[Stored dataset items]
....

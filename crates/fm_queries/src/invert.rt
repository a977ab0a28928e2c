// Whether a polynomial inverts a local cohomology module.
ghost use Rattle.std.specs.Prelude.{IfOk, length, ◌+◌, ◌<◌, ◌^◌, ◌≡◌, ◌≤◌};
ghost use Rattle.fm_ext.specs.Exts.{ring_of};
ghost use Rattle.fm_mat.specs.Matrices.{column_meaning};
ghost use Rattle.fm_plan.specs.Following.{FollowsPlan};
ghost use Rattle.fm_plan.specs.Queries.{ask_invert, plan};
ghost use Rattle.fm_poly.specs.Polys.{meaning};
ghost use Rattle.fm_queries.specs.Bases.{stable_graph};
ghost use Rattle.fm_queries.specs.Founds.{invert_value};
ghost use Rattle.fm_support.specs.Inverting.{IsInvertedOver};
ghost use Rattle.fm_vec.specs.Components.{AreOver};

use crate::base::{Base, compute_base};
use fm_poly::{Poly, Ring};
use fm_run::{Side, Stopped, Work};
use fm_support::{Inverted, invert};
use std::alloc::Global;

/// The least power of the polynomial that annihilates the cokernel of the stable kernel, or that none does.
#[derive(Drop)]
pub struct Inverting {
    pub base: Base,
    pub inverted: Inverted,
}

/// The plan of the query `invert`, for f in this degree of the ideal of the generators.
pub fn decide_inverting(
    alloc: Global,
    ring: Ring,
    generators: &[Poly],
    degree: u8,
    f: &Poly,
    work: &mut Work,
) -> Result<Inverting, Stopped>
    requires some { 1 ≤ ring.vars }
    requires few { ring.vars ≤ 8 }
    requires generators { AreOver ring generators.now }
    requires room { length generators.now + 1 < 2 ^ 32 }
    requires degree { degree < 255 }
    requires polynomial { f.now.ring ≡ ring }
    ensures follows { let fs = column_meaning ring generators.now in let g = meaning ring f.now.terms in
        FollowsPlan (invert_value ring degree fs g) result work.old work.new (plan ring (ask_invert degree fs g) work.old) }
    ensures ring { IfOk result (λ x. ring_of x.base.ext ≡ ring) }
    ensures over { IfOk result (λ x. IsInvertedOver (stable_graph x.base) x.inverted) }
{
    let base = compute_base(alloc, Side::Alone, ring, generators, degree, work)?;
    let inverted = invert(alloc, base.stable_kernel(), f, work)?;
    Ok(Inverting { base, inverted })
}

....

Reproduce the data in its entirety. Keep every character unchanged.

filename crates/fm_queries/src/invert.rt
repository a977ab0a28928e2c
// Whether a polynomial inverts a local cohomology module.
ghost use Rattle.std.specs.Prelude.{IfOk, length, ◌+◌, ◌<◌, ◌^◌, ◌≡◌, ◌≤◌};
ghost use Rattle.fm_ext.specs.Exts.{ring_of};
ghost use Rattle.fm_mat.specs.Matrices.{column_meaning};
ghost use Rattle.fm_plan.specs.Following.{FollowsPlan};
ghost use Rattle.fm_plan.specs.Queries.{ask_invert, plan};
ghost use Rattle.fm_poly.specs.Polys.{meaning};
ghost use Rattle.fm_queries.specs.Bases.{stable_graph};
ghost use Rattle.fm_queries.specs.Founds.{invert_value};
ghost use Rattle.fm_support.specs.Inverting.{IsInvertedOver};
ghost use Rattle.fm_vec.specs.Components.{AreOver};

use crate::base::{Base, compute_base};
use fm_poly::{Poly, Ring};
use fm_run::{Side, Stopped, Work};
use fm_support::{Inverted, invert};
use std::alloc::Global;

/// The least power of the polynomial that annihilates the cokernel of the stable kernel, or that none does.
#[derive(Drop)]
pub struct Inverting {
    pub base: Base,
    pub inverted: Inverted,
}

/// The plan of the query `invert`, for f in this degree of the ideal of the generators.
pub fn decide_inverting(
    alloc: Global,
    ring: Ring,
    generators: &[Poly],
    degree: u8,
    f: &Poly,
    work: &mut Work,
) -> Result<Inverting, Stopped>
    requires some { 1 ≤ ring.vars }
    requires few { ring.vars ≤ 8 }
    requires generators { AreOver ring generators.now }
    requires room { length generators.now + 1 < 2 ^ 32 }
    requires degree { degree < 255 }
    requires polynomial { f.now.ring ≡ ring }
    ensures follows { let fs = column_meaning ring generators.now in let g = meaning ring f.now.terms in
        FollowsPlan (invert_value ring degree fs g) result work.old work.new (plan ring (ask_invert degree fs g) work.old) }
    ensures ring { IfOk result (λ x. ring_of x.base.ext ≡ ring) }
    ensures over { IfOk result (λ x. IsInvertedOver (stable_graph x.base) x.inverted) }
{
    let base = compute_base(alloc, Side::Alone, ring, generators, degree, work)?;
    let inverted = invert(alloc, base.stable_kernel(), f, work)?;
    Ok(Inverting { base, inverted })
}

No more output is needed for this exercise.